NIS 2 Directive Article 2 – Scope

• Applicability to Public and Private Entities

• The NIS 2 Directive applies to public and private entities listed in Annex I or II.

• Qualifying entities must meet the criteria of medium-sized enterprises under Recommendation 2003/361/EC or exceed the specified thresholds.

• Exemptions from Article 3(4) Recommendation

• Article 3(4) of Recommendation 2003/361/EC does not apply to the NIS 2 Directive.

• Entities in Annex I or II are subject to the Directive regardless of size.

• Specific Cases of Applicability

• The Directive applies to entities providing services through public electronic communications networks, publicly available electronic communications services, trust service providers, top-level domain name registries, or domain name system service providers.

• The Directive also covers sole providers of critical services in a Member State.

• Entities with the potential for service disruption impacting public safety, security, health, systemic risk, or cross-border effects fall under its scope.

• Entities critical at the national or regional level in their sector or interdependent sectors are included.

• Central or regional public administrations providing essential services are subject to the Directive.

• Extension of Scope

• Entities identified as critical under Directive (EU) 2022/2557 and those offering domain name registration services are covered.

• Member States can extend the Directive to local public administration entities and educational institutions engaged in critical research.

• Respect for Member States Responsibilities

• The Directive acknowledges Member States responsibilities for national security, territorial integrity, and law and order.

• Exemptions are granted to public administration entities in national security, public security, defense, and law enforcement.
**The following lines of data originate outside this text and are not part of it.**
// SPDX-License-Identifier: Apache-2.0
ghost use Rattle.std.specs.Prelude.{◌≡◌, ◌++◌, None, Some, IfOk, OnOk, codes};
ghost use Rattle.std.specs.Fmt.{WritesOnOk};
ghost use Rattle.std.specs.List.{filter_map, flat_map};
ghost use Rattle.cedar_text.specs.Lists.{elements, elements_left};
ghost use Rattle.cedar_fmt.specs.Texts.{colliding, collisions_spans, collisions_text, error_spans, error_text, name_text};
ghost use Rattle.cedar_names.specs.Components.{loc_of};
ghost use Rattle.cedar_places.specs.Places.{range};

use cedar_data::{Dup, Mem};
use cedar_names::InternalName;
use cedar_places::{push_range, range_of};
use cedar_text::{NonEmpty, NonEmptyIter, Span};
use std::alloc::Global;
use std::error::Error;
use std::fmt;

/// Why a schema can't be written in the human syntax.
#[derive(Debug, Drop)]
pub enum ToCedarSchemaSyntaxError {
    /// Names stand for both an entity type and a common type.
    NameCollisions(NameCollisionsError),
}

/// Names that stand for both an entity type and a common type.
#[derive(Debug, Drop)]
pub struct NameCollisionsError {
    /// All of them, in order.
    pub names: NonEmpty<InternalName>,
}

impl NameCollisionsError {
    /// All of them, in order.
    pub fn names(&self) -> NonEmptyIter<'_, InternalName>
        ensures { elements_left result ≡ colliding self.now }
    {
        self.names.iter()
    }

    /// What to do about it: there is nothing to say.
    pub fn help(&self, _alloc: Global) -> Mem<Option<String>>
        ensures { IfOk result (λ help. help ≡ None) }
    {
        Ok(None)
    }

    /// The places of the names that have one, in bytes of their text, in order.
    pub fn spans(&self, alloc: Global) -> Mem<Vec<Span>>
        ensures { IfOk result (λ spans. spans.items ≡ collisions_spans self.now) }
    {
        let mut spans = range_of(alloc, self.names.head.loc())?;
        push_ranges(&mut spans, self.names.tail.as_slice())?;
        Ok(spans)
    }
}

/// Puts the ranges of the names that have a place behind the others.
fn push_ranges(spans: &mut Vec<Span>, names: &[InternalName]) -> Mem<()>
    ensures { OnOk result (spans.new.items
        ≡ spans.old.items ++ flat_map (λ n. range (loc_of n)) names.now) }
{
    for name in names {
        push_range(spans, name.loc())?;
    }
    Ok(())
}

impl fmt::Display for NameCollisionsError {
    ghost output = { λ e. Some (collisions_text e) };

    fn fmt<W: fmt::Write>(&self, f: &mut fmt::Formatter<W>) -> fmt::Result {
        let first = &self.names.head;
        write!(f, "There are name collisions: [{first}")?;
        write_others(self.names.tail.as_slice(), f)?;
        write!(f, "]")
    }
}

/// Writes each name behind `, `.
fn write_others<W: fmt::Write>(others: &[InternalName], f: &mut fmt::Formatter<W>) -> fmt::Result
    ensures { WritesOnOk W.write_str_gives f.old result
        (flat_map (λ n. codes ", " ++ name_text n) others.now) f.new }
{
    for other in others {
        write!(f, ", {other}")?;
    }
    Ok(())
}

impl Error for NameCollisionsError {}

impl Dup for NameCollisionsError {
    fn dup(&self, alloc: Global) -> Mem<NameCollisionsError> {
        let names = self.names.dup(alloc)?;
        Ok(NameCollisionsError { names })
    }
}

impl From<NameCollisionsError> for ToCedarSchemaSyntaxError {
    ghost use Rattle.cedar_fmt.specs.declared.errors.ToCedarSchemaSyntaxError.TheVariants.{NameCollisions};

    ghost from_gives = { λ error wrapped. wrapped ≡ NameCollisions error };

    fn from(error: NameCollisionsError) -> ToCedarSchemaSyntaxError {
        ToCedarSchemaSyntaxError::NameCollisions(error)
    }
}

impl ToCedarSchemaSyntaxError {
    /// What to do about it: there is nothing to say.
    pub fn help(&self, _alloc: Global) -> Mem<Option<String>>
        ensures { IfOk result (λ help. help ≡ None) }
    {
        Ok(None)
    }

    /// The places of the names that have one, in bytes of their text, in order.
    pub fn spans(&self, alloc: Global) -> Mem<Vec<Span>>
        ensures { IfOk result (λ spans. spans.items ≡ error_spans self.now) }
    {
        match self {
            ToCedarSchemaSyntaxError::NameCollisions(error) => error.spans(alloc),
        }
    }
}

impl fmt::Display for ToCedarSchemaSyntaxError {
    ghost output = { λ e. Some (error_text e) };

    fn fmt<W: fmt::Write>(&self, f: &mut fmt::Formatter<W>) -> fmt::Result {
        match self {
            ToCedarSchemaSyntaxError::NameCollisions(error) => error.fmt(f),
        }
    }
}

impl Error for ToCedarSchemaSyntaxError {}

impl Dup for ToCedarSchemaSyntaxError {
    fn dup(&self, alloc: Global) -> Mem<ToCedarSchemaSyntaxError> {
        match self {
            ToCedarSchemaSyntaxError::NameCollisions(error) => {
                let error = error.dup(alloc)?;
                Ok(ToCedarSchemaSyntaxError::NameCollisions(error))
            }
        }
    }
}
• Entities exclusively serving public administration in these areas are also exempt from specific provisions of the Directive.

In conclusion, the NIS 2 Directive Article 2 – Scope defines the entities and services that fall under its regulatory framework, aiming to ensure the security of critical infrastructure and digital services across the European Union. It sets out specific criteria for determining the entities subject to its requirements, emphasizing the importance of cybersecurity in modern-day digital operations.